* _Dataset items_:

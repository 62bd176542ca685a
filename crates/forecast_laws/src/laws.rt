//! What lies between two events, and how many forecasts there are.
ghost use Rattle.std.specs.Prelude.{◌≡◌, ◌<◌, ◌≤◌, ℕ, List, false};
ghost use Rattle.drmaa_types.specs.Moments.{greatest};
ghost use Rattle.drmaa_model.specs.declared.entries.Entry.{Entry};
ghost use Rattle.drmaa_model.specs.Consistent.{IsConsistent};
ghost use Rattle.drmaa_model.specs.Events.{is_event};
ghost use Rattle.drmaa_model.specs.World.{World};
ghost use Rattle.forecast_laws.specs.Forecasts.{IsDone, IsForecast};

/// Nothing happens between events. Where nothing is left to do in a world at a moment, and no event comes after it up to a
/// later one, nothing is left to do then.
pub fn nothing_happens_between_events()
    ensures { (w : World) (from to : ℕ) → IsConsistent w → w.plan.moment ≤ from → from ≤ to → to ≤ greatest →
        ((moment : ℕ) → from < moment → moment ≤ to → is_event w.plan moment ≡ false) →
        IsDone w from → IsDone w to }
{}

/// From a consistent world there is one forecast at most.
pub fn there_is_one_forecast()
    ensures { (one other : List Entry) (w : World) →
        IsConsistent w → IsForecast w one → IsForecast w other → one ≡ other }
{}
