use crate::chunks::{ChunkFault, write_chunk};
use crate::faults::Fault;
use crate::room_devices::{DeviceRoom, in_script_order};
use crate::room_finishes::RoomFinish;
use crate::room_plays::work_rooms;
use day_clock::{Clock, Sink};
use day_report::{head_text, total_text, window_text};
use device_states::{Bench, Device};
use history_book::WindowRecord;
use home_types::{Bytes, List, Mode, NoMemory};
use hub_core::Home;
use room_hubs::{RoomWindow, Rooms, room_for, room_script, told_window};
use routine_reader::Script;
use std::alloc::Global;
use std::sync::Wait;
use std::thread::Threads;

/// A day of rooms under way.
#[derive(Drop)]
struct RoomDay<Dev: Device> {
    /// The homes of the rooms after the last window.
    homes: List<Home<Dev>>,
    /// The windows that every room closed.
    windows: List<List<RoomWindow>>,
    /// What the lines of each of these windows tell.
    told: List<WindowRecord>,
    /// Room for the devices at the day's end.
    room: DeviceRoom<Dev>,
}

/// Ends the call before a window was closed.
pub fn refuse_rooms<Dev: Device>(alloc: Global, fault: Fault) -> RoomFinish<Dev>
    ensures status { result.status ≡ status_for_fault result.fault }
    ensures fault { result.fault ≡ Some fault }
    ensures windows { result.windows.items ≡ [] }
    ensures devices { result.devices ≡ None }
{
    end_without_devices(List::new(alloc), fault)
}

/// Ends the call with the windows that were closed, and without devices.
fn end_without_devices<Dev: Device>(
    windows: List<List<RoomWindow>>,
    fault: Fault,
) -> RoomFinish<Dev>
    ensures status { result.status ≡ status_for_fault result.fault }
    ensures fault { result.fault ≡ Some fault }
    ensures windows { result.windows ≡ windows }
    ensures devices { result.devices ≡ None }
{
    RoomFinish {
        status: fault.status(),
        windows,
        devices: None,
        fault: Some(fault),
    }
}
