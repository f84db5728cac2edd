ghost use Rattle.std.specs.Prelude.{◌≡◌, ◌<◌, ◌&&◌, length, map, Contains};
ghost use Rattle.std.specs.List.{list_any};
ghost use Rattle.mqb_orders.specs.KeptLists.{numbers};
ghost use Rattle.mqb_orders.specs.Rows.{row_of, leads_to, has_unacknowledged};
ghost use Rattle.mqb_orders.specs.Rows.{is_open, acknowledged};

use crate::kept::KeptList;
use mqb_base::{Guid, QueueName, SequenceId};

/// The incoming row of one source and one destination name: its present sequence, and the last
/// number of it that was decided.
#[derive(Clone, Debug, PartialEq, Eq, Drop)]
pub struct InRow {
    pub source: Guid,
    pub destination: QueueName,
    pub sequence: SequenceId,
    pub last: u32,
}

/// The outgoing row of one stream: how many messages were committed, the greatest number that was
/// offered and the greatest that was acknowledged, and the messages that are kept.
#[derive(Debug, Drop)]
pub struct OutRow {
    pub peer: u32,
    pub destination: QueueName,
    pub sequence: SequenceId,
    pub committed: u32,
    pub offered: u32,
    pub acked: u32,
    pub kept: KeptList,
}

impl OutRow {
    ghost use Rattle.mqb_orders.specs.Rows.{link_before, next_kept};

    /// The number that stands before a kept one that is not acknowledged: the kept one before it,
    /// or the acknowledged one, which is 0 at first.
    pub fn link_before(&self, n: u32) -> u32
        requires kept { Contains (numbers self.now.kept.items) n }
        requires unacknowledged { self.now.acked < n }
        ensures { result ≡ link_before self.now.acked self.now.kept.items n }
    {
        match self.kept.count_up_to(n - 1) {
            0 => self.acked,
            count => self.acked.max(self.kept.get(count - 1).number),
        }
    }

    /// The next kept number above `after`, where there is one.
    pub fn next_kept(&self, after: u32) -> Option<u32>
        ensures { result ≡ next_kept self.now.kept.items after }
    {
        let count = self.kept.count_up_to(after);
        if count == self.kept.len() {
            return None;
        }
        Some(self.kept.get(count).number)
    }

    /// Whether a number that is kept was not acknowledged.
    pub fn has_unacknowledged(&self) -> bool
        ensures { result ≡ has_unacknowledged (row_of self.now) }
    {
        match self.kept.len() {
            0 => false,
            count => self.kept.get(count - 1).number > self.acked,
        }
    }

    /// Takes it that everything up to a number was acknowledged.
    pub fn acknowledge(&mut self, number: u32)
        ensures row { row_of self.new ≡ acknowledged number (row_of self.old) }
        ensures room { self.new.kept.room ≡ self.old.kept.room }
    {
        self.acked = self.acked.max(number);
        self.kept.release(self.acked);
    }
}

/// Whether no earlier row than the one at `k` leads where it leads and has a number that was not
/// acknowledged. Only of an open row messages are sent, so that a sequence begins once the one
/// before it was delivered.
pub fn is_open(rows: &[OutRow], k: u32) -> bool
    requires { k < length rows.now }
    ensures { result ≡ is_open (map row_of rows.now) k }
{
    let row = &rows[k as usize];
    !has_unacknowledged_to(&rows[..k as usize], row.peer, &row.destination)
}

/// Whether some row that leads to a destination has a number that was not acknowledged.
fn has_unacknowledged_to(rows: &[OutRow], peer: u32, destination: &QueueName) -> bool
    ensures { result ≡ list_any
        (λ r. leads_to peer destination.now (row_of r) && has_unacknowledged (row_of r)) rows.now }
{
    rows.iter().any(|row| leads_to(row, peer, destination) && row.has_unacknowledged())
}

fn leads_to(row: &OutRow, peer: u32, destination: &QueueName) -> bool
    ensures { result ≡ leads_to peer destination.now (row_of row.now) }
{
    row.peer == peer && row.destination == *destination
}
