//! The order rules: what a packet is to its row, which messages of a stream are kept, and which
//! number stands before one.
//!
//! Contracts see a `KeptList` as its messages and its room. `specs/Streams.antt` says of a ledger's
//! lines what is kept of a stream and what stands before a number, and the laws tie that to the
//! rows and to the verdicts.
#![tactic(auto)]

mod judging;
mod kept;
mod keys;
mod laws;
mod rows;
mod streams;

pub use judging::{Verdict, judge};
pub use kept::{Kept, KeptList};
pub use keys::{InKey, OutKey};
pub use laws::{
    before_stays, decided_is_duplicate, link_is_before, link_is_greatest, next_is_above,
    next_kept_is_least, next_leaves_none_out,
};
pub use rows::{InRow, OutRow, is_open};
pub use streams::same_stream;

* _What is expected_: Only a number is wanted here: how many lines of the records above hold the word "after".

* _Answer below_: 6